Ask HN: What did you tell your parents?  - hawkharris

Many of us have parents who aren&#x27;t as tech savvy as ourselves. While visiting your folks for the holidays, did you find yourself explaining any technology-related concepts or gadgets?<p>If so, I&#x27;d be interested to hear if anyone found creative ways of explaining the concepts &#x2F; technology. For example, I drew an illustration to teach my mom about how her iPhone interacted with cell towers and a home Wi-Fi network.
======
RougeFemme
I confess. . .I'm one of those parents - almost. No, I'm not nearly as old as
your parents and my kids are much younger than you all, but. . .my kids don't
understand how I could have worked - literally - as a rocket scientist (well,
engineer). . .but still struggle sometimes with consumer devices. I have no
problem with web apps. . .coding and testing. . .but consumer devices are not
my forte.

The user interfaces and interfaces between the devices do not seem at all
intuitive to _me_. And learning those _particular_ tech intricacies does not
pique my curiosity; I just want to use the tools. So I just hand the devices
off to my young kids, nieces and nephews and say "show me how to do blah-
blah".

------
ScottWhigham
I had to explain why AT&T was slow due to DNS issues. I didn't make this up
but read it somewhere (maybe here) - DNS is the equivalent of your telephone
address book on your phone. When you "dial your mom", you just type her name
and click the phone icon. Behind the scenes, you trust that your phone
translates that into the correct phone number because, long ago, you told it
what mom's phone number was. DNS is the same - intel.com translates to a
specific IP address and, when AT&T is having DNS issues, it's akin to your
phone being either (a) unable to find the phone number for "mom", or (b) the
phone line at mom's is not responding properly.

------
bobfirestone
I had to fix my Dad's iPhone. His email stopped working and he could't
download apps.

His email was broken because he changed his email password and instead of
changing the password stored on his phone setup a second account to the same
email box.
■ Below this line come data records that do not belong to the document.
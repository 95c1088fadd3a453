//! A transport below a session.

use sshc_transport::Transport;
use sshc_wire::{Failed, Outbox};

/// Hands the packets among these records to a transport, in order.
pub fn hand_packets<T: Transport>(transport: &mut T, records: &Outbox) -> Result<(), Failed> {
    for at in 0..records.len() {
        if let Some(packet) = records.packet(at) {
            transport.hand(packet)?;
        }
    }
    Ok(())
}
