//! Command-line arguments.

use sshc_hosts_words::run_hosts_words;
use sshc_wire::{Files, Sink, Text};
use std::alloc::Global;

/// Does what the arguments `hosts check HOST PORT KNOWN KEY`, `hosts keys ..` or `hosts learn ..` ask, and returns the
/// exit status; 2 for other arguments.
pub fn hosts_status<F: Files, K: Sink>(
    alloc: Global,
    words: &[Text],
    files: &mut F,
    sink: &mut K,
) -> u8 {
    match run_hosts_words(alloc, words, files, sink) {
        Some(status) => status,
        None => 2,
    }
}
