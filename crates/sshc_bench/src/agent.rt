//! The agent core over memory: listings of its keys, and signatures by them.

mod frames;

use frames::{adds, asks_to_sign, lists};
use sshc_agent_core::{AgentCore, AgentInput, AgentOutput};
use sshc_toy::ToySigner;
use sshc_wire::NoMemory;
use std::alloc::Global;

/// How many bytes an answer has; 0 for any other output.
fn size(output: &AgentOutput) -> u64 {
    match output {
        AgentOutput::Answer(frame) => frame.as_slice().len() as u64,
        _ => 0,
    }
}

/// Takes an input at a moment, and returns how many bytes the answer has.
fn answered(agent: &mut AgentCore, signer: &mut ToySigner, moment: u32, input: &AgentInput) -> u64 {
    let output = agent.step(u64::from(moment), 1, input, signer);
    size(&output)
}

/// Adds so many keys.
fn add(
    alloc: Global,
    agent: &mut AgentCore,
    signer: &mut ToySigner,
    keys: u32,
) -> Result<(), NoMemory> {
    for number in 0..keys {
        let input = AgentInput::Frame(adds(alloc, number)?);
        let _ = answered(agent, signer, 0, &input);
    }
    Ok(())
}

/// What is asked, made before it is asked: a listing, or a signature by each key.
fn inputs(alloc: Global, signs: bool, keys: u32) -> Result<Vec<AgentInput>, NoMemory> {
    let mut inputs = Vec::new(alloc);
    if signs {
        for number in 0..keys {
            inputs.push(AgentInput::Frame(asks_to_sign(alloc, number)?))?;
        }
    } else {
        inputs.push(AgentInput::Frame(lists(alloc)?))?;
    }
    Ok(inputs)
}

/// Asks for a listing, or for a signature by one key after the other. Returns how many bytes the answers have.
fn ask(
    alloc: Global,
    agent: &mut AgentCore,
    signer: &mut ToySigner,
    signs: bool,
    keys: u32,
    times: u32,
) -> Result<u64, NoMemory> {
    add(alloc, agent, signer, keys)?;
    let inputs = inputs(alloc, signs, keys)?;
    let mut bytes = 0u64;
    let mut at = 0usize;
    for time in 0..times {
        if let Some(input) = inputs.get(at) {
            bytes = bytes.saturating_add(answered(agent, signer, time, input));
        }
        at = if at < inputs.len().saturating_sub(1) {
            at + 1
        } else {
            0
        };
    }
    Ok(bytes)
}

/// The line of a run with so many keys, which asks so many times.
pub fn line(alloc: Global, signs: bool, keys: u32, times: u32) -> Result<String, NoMemory> {
    let mut signer = ToySigner::new(alloc);
    let mut agent = AgentCore::new(alloc, false);
    let asked = ask(alloc, &mut agent, &mut signer, signs, keys, times);
    let_go(agent);
    let bytes = asked?;
    let name = if signs { "sign" } else { "list" };
    Ok(format!(in alloc; "{name}: {keys} keys, {times} times, {bytes} bytes")?)
}

/// Drops a value. An agent is dropped here, where its type is any: a check takes it apart at each place where it might
/// end.
fn let_go<T: Drop>(_value: T) {}
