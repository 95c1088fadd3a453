//! Many cases in one process: scripts, known hosts texts, policies with the streams of a proxy, events of forwards.
//! Each is run over memory by the call that its program makes, and its outcome is written before the next case is read.
//! README.md has the bytes of cases and outcomes.

mod case;
mod outcome;
mod relayed;
mod runs;

use case::{Broken, read_case};
use outcome::write_outcome;
use runs::outcome_of;
use sshc_wire::{Failed, NoMemory, StdSink, StdSource};
use std::io;

/// The status for bytes that are no case.
const BROKEN: u8 = 2;

pub const NO_MEMORY: u8 = 20;

const READ_FAULT: u8 = 21;

const WRITE_FAULT: u8 = 22;

fn broken_status(broken: Broken) -> u8 {
    match broken {
        Broken::NoMemory => NO_MEMORY,
        Broken::Fault => READ_FAULT,
        Broken::NoCase => BROKEN,
    }
}

/// Runs the cases of standard input, and returns the status: 0 at its end.
pub fn run(rt: &HostRuntime) -> Result<u8, NoMemory> {
    let mut source = StdSource::new(rt.alloc(), rt.reader())?;
    let mut sink = StdSink::new(io::writer(rt));
    let mut bytes = Vec::new(rt.alloc());
    for _case in 0..u64::MAX {
        let outcome = match read_case(&mut source, &mut bytes) {
            Ok(Some(case)) => outcome_of(rt.alloc(), &case)?,
            Ok(None) => return Ok(0),
            Err(broken) => return Ok(broken_status(broken)),
        };
        match write_outcome(rt.alloc(), &mut sink, &outcome) {
            Ok(()) => {}
            Err(Failed::NoMemory) => return Err(NoMemory),
            Err(Failed::Fault) => return Ok(WRITE_FAULT),
        }
    }
    Ok(0)
}
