//! A run whose events come one by one.

ghost use Rattle.std.specs.Prelude.{◌≡◌, false};
ghost use Rattle.sshc_key.specs.Signers.{since};
ghost use Rattle.sshc_run_script.specs.PausedRuns.{text_since, HasRunOn};
ghost use Rattle.sshc_run_script.specs.RunPromises.{run_asked};
ghost use Rattle.sshc_sample_snippets.specs.Handing.{Hands};

use sshc_auth::Ended;
use sshc_key::{LocalSigner, Verifier};
use sshc_run_script::{Config, PausedRun, RunError, RunStep};
use sshc_wire::{NoMemory, Octets};
use std::alloc::Global;

/// Hands the events to the run until one of them stops it.
fn hand_over<G: LocalSigner, V: Verifier>(
    run: &mut PausedRun,
    events: &[Octets],
    signer: &mut G,
    verifier: &V,
    lines: &mut Vec<u8>,
) -> Result<Ended, RunError>
    requires going { run.old.over ≡ false }
    ensures handed { Hands (V.accepts verifier.now) run.old events.now (since (G.calls signer.old) (G.calls signer.new))
        (text_since lines.old.items lines.new.items) result }
{
    for event in events {
        match run.take(event.as_slice(), signer, verifier, lines) {
            RunStep::Went => {}
            RunStep::Ended(ended) => return Ok(ended),
            RunStep::Refused(error) => return Err(error),
            RunStep::Closed => unreachable!(),
        }
    }
    Ok(Ended::ScriptEnd)
}

/// Hands events to a run one by one, as a program does that gets them from a transport of its own, and adds the lines
/// of their records to `lines`. It stops with the first event that ends the run or is refused.
pub fn run_one_by_one<G: LocalSigner, V: Verifier>(
    alloc: Global,
    config: &Config,
    host: &str,
    port: u16,
    known: &str,
    events: &[Octets],
    signer: &mut G,
    verifier: &V,
    lines: &mut Vec<u8>,
) -> Result<Ended, RunError>
    ensures promises { HasRunOn (run_asked host.now port known.now (V.accepts verifier.now) config.now) events.now
        (since (G.calls signer.old) (G.calls signer.new)) (text_since lines.old.items lines.new.items) result }
{
    match PausedRun::start(alloc, config, host, port, known) {
        Ok(mut run) => {
            let answer = hand_over(&mut run, events, signer, verifier, lines);
            drop(run);
            answer
        }
        Err(NoMemory) => Err(RunError::NoMemory),
    }
}
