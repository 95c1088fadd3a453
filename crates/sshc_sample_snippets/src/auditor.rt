//! Known hosts texts rewritten.

use sshc_audit::{drop_doubled, remove_host};
use sshc_wire::{NoMemory, Text};
use std::alloc::Global;

/// The text without a host, and without lines that repeat an earlier line.
pub fn without_host(alloc: Global, text: &str, host: &str, port: u16) -> Result<Text, NoMemory> {
    let left = remove_host(alloc, text, host, port)?;
    drop_doubled(alloc, left.as_str())
}
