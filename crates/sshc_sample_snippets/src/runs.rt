//! Scripts, their events and their runs.

use sshc_auth::Ended;
use sshc_run_reader::{NextError, RawEvent, next_event};
use sshc_run_script::{Config, RunError, ToySigner, ToyVerifier, run_script};
use sshc_wire::{MemSink, MemSource, NoMemory, Source};
use std::alloc::Global;

/// The record lines of a script's run against `localhost` at port 13265, and how it ended.
pub fn login_lines(
    alloc: Global,
    script: Vec<u8>,
    known: &str,
) -> Result<(MemSink, Result<Ended, RunError>), NoMemory> {
    let config = Config::default_in(alloc)?;
    let mut source = MemSource::new(script, Vec::new(alloc));
    let mut sink = MemSink::new(Vec::new(alloc), Vec::new(alloc));
    let mut signer = ToySigner::new(alloc);
    let verifier = ToyVerifier::new(alloc);
    let ended = run_script(
        alloc,
        &config,
        "localhost",
        13265,
        known,
        &mut signer,
        &verifier,
        &mut source,
        &mut sink,
    );
    Ok((sink, ended))
}

/// The next event of a script after the moment 0, if there is one, read into the buffer: its moment, its kind and its
/// fields' bytes.
pub fn next_of<'a, S: Source>(
    buffer: &'a mut Vec<u8>,
    source: &mut S,
) -> Result<Option<RawEvent<'a>>, NextError> {
    next_event(buffer, source, 0)
}
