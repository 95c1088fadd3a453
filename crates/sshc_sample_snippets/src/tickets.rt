//! Tickets and held records.

use sshc_handle_tickets::Tickets;
use sshc_wire::{NoMemory, Record, Resolution};
use std::alloc::Global;

/// Opens a ticket, holds the record that answers it, and takes that record.
pub fn hold_and_take(alloc: Global) -> Result<Option<Record>, NoMemory> {
    let mut tickets = Tickets::new(alloc);
    let ticket = tickets.open_ticket()?;
    tickets.hold(Record::Resolved {
        ticket,
        resolution: Resolution::Done,
    })?;
    Ok(tickets.poll(ticket))
}
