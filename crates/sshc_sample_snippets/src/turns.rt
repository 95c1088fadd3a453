//! A session with what is submitted to it, turn by turn.

use sshc_client::Handler;
use sshc_handle_state::{HandleState, Turn};
use sshc_key::{LocalSigner, Verifier};
use sshc_transport::Transport;

/// Takes at most 100 turns at a moment in milliseconds, and returns the first that took no event; `Idle` for a session
/// that has ended.
pub fn settle<H: Handler, T: Transport, S: LocalSigner, V: Verifier>(
    state: &mut HandleState<H>,
    now: u64,
    transport: &mut T,
    handler: &mut H,
    signer: &mut S,
    verifier: &V,
) -> Turn<H::Error> {
    for _ in 0..100 {
        if state.is_over() {
            return Turn::Idle;
        }
        match state.turn(now, transport, handler, signer, verifier) {
            Turn::Took => {}
            turn => return turn,
        }
    }
    Turn::Idle
}
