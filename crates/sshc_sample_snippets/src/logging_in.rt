//! Events of a session.

use sshc_auth_event::{Event, Method, SharedMethod};
use sshc_wire::{NoMemory, Text, Ticket};
use std::alloc::Global;

/// The event by which a user asks for a login by a password. Its answer has ticket 1.
pub fn password_login(alloc: Global, user: &str, password: &str) -> Result<Event, NoMemory> {
    let user = Text::from_str(alloc, user)?;
    let password = Text::from_str(alloc, password)?;
    Ok(Event::Authenticate {
        ticket: Ticket(1),
        user,
        method: SharedMethod::new(alloc, Method::Password { password })?,
    })
}
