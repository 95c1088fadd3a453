//! The toy pair.

use sshc_key::{Asker, LocalSigner, PrivateKey, SignRefused};
use sshc_toy::ToySigner;
use std::alloc::Global;

/// The toy signature of these bytes by this pair, as a session asks a local signer for one.
pub fn toy_signature(
    alloc: Global,
    pair: &PrivateKey,
    bytes: &[u8],
) -> Result<Vec<u8>, SignRefused> {
    let mut signer = ToySigner::new(alloc);
    signer.sign(Asker::Session, pair, None, bytes)
}
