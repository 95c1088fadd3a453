//! Generated scripts.

use sshc_run::generate;
use sshc_wire::NoMemory;
use std::alloc::Global;

/// The bytes of a script with a login, an open channel and 100 blocks of events.
pub fn hundred_blocks(alloc: Global, seed: u64) -> Result<Vec<u8>, NoMemory> {
    Ok(generate(alloc, seed, 100)?.into_text())
}
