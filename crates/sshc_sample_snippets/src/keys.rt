//! Public keys as text.

use sshc_key::{Error, parse_public_key_base64};
use std::alloc::Global;

/// The line of a key file for a key in base64, as `ssh-ed25519 AAAA..`.
pub fn key_line(alloc: Global, base64: &str) -> Result<String, Error> {
    let key = parse_public_key_base64(alloc, base64)?;
    Ok(key.to_openssh()?)
}
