//! Reading the types of the wire.

use sshc_wire::{Cursor, WireError};

/// The name of a global request, and whether an answer is wanted (RFC 4254, section 4).
pub fn request_name(packet: &[u8]) -> Result<(&str, bool), WireError> {
    let mut packet = Cursor::new(packet);
    packet.u8()?;
    let name = packet.text()?;
    Ok((name, packet.boolean()?))
}
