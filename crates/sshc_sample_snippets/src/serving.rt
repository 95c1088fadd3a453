//! Connections of an agent that threads share.

use sshc_agent::{Clock, serve_one};
use sshc_agent_shared::{AgentShared, CallRefused, Seat, Settings};
use sshc_key::LocalSigner;
use sshc_wire::AgentStream;
use std::alloc::Global;
use std::sync::Wait;

/// Serves a connection until its stream ends or fails, and returns its seat. Each question of the agent is answered
/// with yes, and nothing is called before each call.
pub fn serve_stream<L: Settings, S: AgentStream, G: LocalSigner, C: Clock, R: Wait>(
    rt: &R,
    alloc: Global,
    shared: &AgentShared<L>,
    stream: &mut S,
    signer: &mut G,
    clock: &mut C,
) -> Result<Seat<L>, CallRefused> {
    let seat = shared.connect(rt)?;
    let (seat, _ended) = serve_one(rt, alloc, shared, seat, stream, &(), signer, &(), clock);
    Ok(seat)
}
Yeah that was a fun one to try and figure out.

------
gesman
Did your mom actually inquire to explain the last little details of cell
towers topology and design architecture

....

...or you just had no one to talk to at the moment? :)

------
danso
This was before Christmas and sometime in the fall...but I had to explain to
my mom (who is actually a programmer, but in the COBOL days) how to start an
Apple account.

As you well know, an AppleID consists of your email. But I spent more than 10
minutes explaining to her how her Apple password was NOT her Hotmail password,
as she was using her hotmail ID for her AppleID.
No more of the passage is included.